Extended RooAddPdf fit normalization

EtienneDreyer · June 15, 2017, 5:01pm

I am seeing large fit instability related to initial parameter values when using an extended background+signal RooAddPdf.

In the attached minimal working example, the sum of an exponential and a Breit Wigner (shape frozen) is used in an extended fit to some Asimov data it just generated with zero signal. However, while the background-only fit is perfect as expected, allowing the signal normalization to float causes the fit to drift significantly. The extent to which this happens depends on the width of the Breit Wigner signal. You can see this in the pdf I placed on CERNBox (https://cernbox.cern.ch/index.php/s/lPxYCB6pRdLevlk) where I ran the macro in a loop over 30 different signal widths.

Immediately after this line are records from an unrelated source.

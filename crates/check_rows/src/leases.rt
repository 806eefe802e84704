// Histories of leases, worked out by hand.
ghost use Rattle.std.specs.Prelude.{◌≡◌, ◌<◌, ◌≤◌, ◌+◌, ◌^◌, ℕ, None, OnOk};
ghost use Rattle.ws_lease.specs.Table.{lease_at};

use std::alloc::Global;
use std::test::Fail;
use ws_lease::{Cause, Lease, Leases};
use ws_model::{Alg, Bytes, Intent, Mode};

// Confirms a lease with a number above all held ones.
fn put(
    alloc: Global,
    leases: &mut Leases,
    n: u64,
    pair: (&str, &str),
    sent: u64,
    granted: u32,
    t: u64,
) -> Result<Option<u64>, Fail>
    requires in_time { t < 2 ^ 48 }
    requires sent { sent ≤ t }
    requires new { (q : ℕ) → n ≤ q → lease_at q leases.old ≡ None }
    ensures rest { OnOk result ((q : ℕ) → n + 1 ≤ q → lease_at q leases.new ≡ None) }
{
    let (topic, callback) = pair;
    let lease = Lease {
        intent: Intent {
            n,
            mode: Mode::On,
            topic: Bytes::copy(alloc, topic.as_bytes())?,
            echo: Bytes::copy(alloc, topic.as_bytes())?,
            callback: Bytes::copy(alloc, callback.as_bytes())?,
            secret: Bytes::copy(alloc, b"")?,
            granted,
            alg: Alg::Sha256,
        },
        sent,
    };
    Ok(leases.confirm(lease, t)?)
}

fn end_live(leases: &mut Leases, n: u64, cause: Cause, t: u64) -> bool
    requires { t < 2 ^ 48 }
{
    match cause {
        Cause::Unsubscribed | Cause::Gone | Cause::Revoked if leases.live(n, t) => {
            leases.end(n, cause, t);
            true
        }
        _ => false,
    }
}

// Lease 1 was verified by a ticket drawn at 1000 and lasts 60 seconds; lease 2 renews it at 1042;
// lease 3 comes to the pair after lease 2 has expired.
#[test]
fn lease_measured_from_ticket_and_renewed(rt: HostRuntime) -> Result<(), Fail> {
    let alloc = rt.alloc();
    let mut leases = Leases::empty(alloc);
    assert_eq!(rt;
        put(alloc, &mut leases, 1, ("t", "c"), 1_000, 60, 1_029)?,
        None
    );
    for (t, live, found, count) in [(1_059, true, Some(1), 1), (1_060, false, None, 0)] {
        assert_eq!(rt; leases.live(1, t), live, "at {t}");
        assert_eq!(rt; leases.find(b"t", b"c", t), found, "at {t}");
        assert_eq!(rt; leases.count(t), count, "at {t}");
    }
    let renewed = put(alloc, &mut leases, 2, ("t", "c"), 1_040, 100, 1_042)?;
    assert_eq!(rt; renewed, Some(1), "the renewed lease");
    assert!(rt; !leases.live(1, 1_042));
    assert_eq!(rt; leases.find(b"t", b"c", 1_139), Some(2));
    let after = put(alloc, &mut leases, 3, ("t", "c"), 1_140, 60, 1_141)?;
    assert_eq!(rt; after, None, "lease 2 has expired");
    assert_eq!(rt; leases.get(3, 1_199).map(|lease| lease.sent), Some(1_140));
    assert_eq!(rt; leases.take_expired(1_199).map(|lease| lease.sent), None);
    assert_eq!(rt;
        leases.take_expired(1_200).map(|lease| lease.sent),
        Some(1_140)
    );
    assert_eq!(rt;
        leases
            .take_expired(u64::from(u32::MAX))
            .map(|lease| lease.sent),
        None
    );
    Ok(())
}

// Leases 1, 2 and 4 are of one topic, 3 and 4 of one callback.
#[test]
fn unsubscribed_gone_and_revoked(rt: HostRuntime) -> Result<(), Fail> {
    let alloc = rt.alloc();
    let mut leases = Leases::empty(alloc);
    put(alloc, &mut leases, 1, ("t", "c"), 10, 60, 11)?;
    put(alloc, &mut leases, 2, ("t", "d"), 10, 80, 11)?;
    put(alloc, &mut leases, 3, ("u", "e"), 10, 90, 11)?;
    put(alloc, &mut leases, 4, ("t", "e"), 10, 100, 11)?;
    let numbers: Vec<u64> = leases.live_of_topic(b"t", 12).collect(alloc)?;
    assert_eq!(rt; numbers.as_slice(), [1, 2, 4].as_slice());
    let numbers: Vec<u64> = leases.live_of_topic(b"t", 75).collect(alloc)?;
    assert_eq!(rt;
        numbers.as_slice(),
        [2, 4].as_slice(),
        "lease 1 ended at 70"
    );
    assert_eq!(rt; leases.count(75), 3);
    for (n, cause, t, ends) in [
        (2, Cause::Unsubscribed, 76, true),
        (2, Cause::Gone, 76, false),
        (3, Cause::Revoked, 77, true),
        (4, Cause::Gone, 78, true),
    ] {
        assert_eq!(rt; end_live(&mut leases, n, cause, t), ends, "{n} at {t}");
        assert!(rt; !leases.live(n, t), "{n} at {t}");
    }
    assert_eq!(rt; leases.find(b"u", b"e", 78), None);
    assert_eq!(rt; leases.live_of_topic(b"t", 78).next(), None);
    assert_eq!(rt;
        leases.live_of_topic(b"v", 78).next(),
        None,
        "no such topic"
    );
    assert_eq!(rt;
        leases.take_expired(78).map(|lease| lease.intent.n),
        Some(1)
    );
    assert_eq!(rt; leases.take_expired(78).map(|lease| lease.intent.n), None);
    Ok(())
}
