// What became of a few pairs, worked out by hand.
use std::test::Fail;
use ws_fate::{Fates, Standing, Totals};
use ws_model::{Cause, Tally};

#[test]
fn pairs_and_their_ends(rt: HostRuntime) -> Result<(), Fail> {
    let mut fates = Fates::empty(rt.alloc());
    assert_eq!(rt; fates.get(1, 2), None);
    fates.born(1, 2)?;
    fates.born(1, 3)?;
    fates.born(2, 3)?;
    assert_eq!(rt;
        (fates.open_of(1), fates.open_of(2), fates.open_of(3)),
        (2, 1, 0)
    );
    fates.end(1, 2, Standing::Answered);
    assert_eq!(rt; fates.open_of(1), 1);
    fates.end(1, 3, Standing::Ended(Cause::Replaced));
    fates.unborn(2, 3);
    assert_eq!(rt; (fates.open_of(1), fates.open_of(2)), (0, 0));
    assert_eq!(rt; fates.get(1, 2), Some(Standing::Answered));
    assert_eq!(rt; fates.get(1, 3), Some(Standing::Ended(Cause::Replaced)));
    assert_eq!(rt; fates.get(2, 3), None);
    assert_eq!(rt; fates.get(2, 1), None);
    assert_eq!(rt; fates.pairs().count(), 2);
    let mut of_three = fates.pairs_of(3);
    assert_eq!(rt;
        of_three.next(),
        Some((&(3, 1), &Standing::Ended(Cause::Replaced)))
    );
    assert!(rt; of_three.next().is_none());
    let wanted = Totals {
        answered: 1,
        replaced: 1,
        ..Totals::none()
    };
    assert_eq!(rt; fates.totals(), wanted);
    Ok(())
}

#[test]
fn forgotten_pairs_count(rt: HostRuntime) -> Result<(), Fail> {
    let tally = Tally {
        now: 1000,
        serial: 9,
        intent: 2,
        version: 3,
        answered: u64::MAX,
        expired: 1,
        unsubscribed: 2,
        replaced: 3,
        gone: 4,
        spent: 5,
        revoked: 6,
    };
    let mut fates = Fates::of_tally(rt.alloc(), &tally);
    fates.born(3, 2)?;
    fates.end(3, 2, Standing::Answered);
    fates.born(4, 2)?;
    fates.end(4, 2, Standing::Ended(Cause::Spent));
    let wanted = Totals {
        answered: u64::MAX,
        expired: 1,
        unsubscribed: 2,
        replaced: 3,
        gone: 4,
        spent: 6,
        revoked: 6,
    };
    assert_eq!(rt; fates.totals(), wanted);
    Ok(())
}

It may be that I’ve wrongly configured the normalization of the RooAddPdf and its components, but I can find no problem here. Unfortunately, this bug is making it impossible to validate background models for a data-driven fit because the extracted signal cannot be trusted.

rfWoes.C (7.1 KB)

moneta · June 16, 2017, 2:49pm

Hi

I see you are doing a binned fit. I think the bias you are observing is given to the
current issue of binned fits in RooFit, see

https://sft.its.cern.ch/jira/browse/ROOT-3874

Have you tried increasing the number of bins if this reduces the bias ?
If you would do an unbind fit (that you cannot do on an Asimov data set)
you will not suffer from this problem

Lorenzo

EtienneDreyer · June 16, 2017, 4:51pm

Hi Lorenzo,

Yes, it looks like you’ve identified the problem! To check how the binning affects this behaviour, I again ran the macro in a loop, each time changing the number of bins via ((RooRealVar*)wksp->var("x"))->setBins(Nbins); and plotting the number of negative signal events extracted in the fit:

So the effect seems to disappear in the limit of an unbinned dataset. However, this is still a serious obstacle for validating background models on binned Monte Carlo datasets. Can I hope for this to be fixed soon? Or are you aware of any workaround?

Many thanks!

moneta · June 16, 2017, 8:57pm

Hi,

This is very complicated to fix in RooFit, because as far as I know requires some very big change in they way the pdf are evaluated. The correct solution would be to compute the integral of the pdf in the given bin.
If you would use directly ROOT to do the fit you will not have this problem. The bias is reduced in a standard binned likelihood fit in ROOT and you have the option to compute also the integral in the bin.
You can always convert a RooFit pdf to a ROOT TF1, but you need to be careful in the normalisation and definition of parameters.

Lorenzo

cranmer · June 23, 2017, 2:37pm

So it looks like this issue is related to the way RooFit deals with binned data on a continuous model.

Do you need to do a binned fit? If so, can you use something like HistFactory that is meant for binned fits with monte carlo templates, or do you need to use some functional form for the background and signal?

You could implement your own RooAbsPdf class where you do the integrals in each bin based on the functional form you want. That’s kind of a pain, but it is do-able.

The size of the effect will be reduced if you use smaller bins. You definitely need the bin width to be << signal width so that the bins sample the signal bump many times (particularly near the peak). If you have a signal width ~< bin width it can go wildly wrong like you see in your example.

system · July 7, 2017, 2:37pm

This topic was automatically closed 14 days after the last reply. New replies are no longer allowed.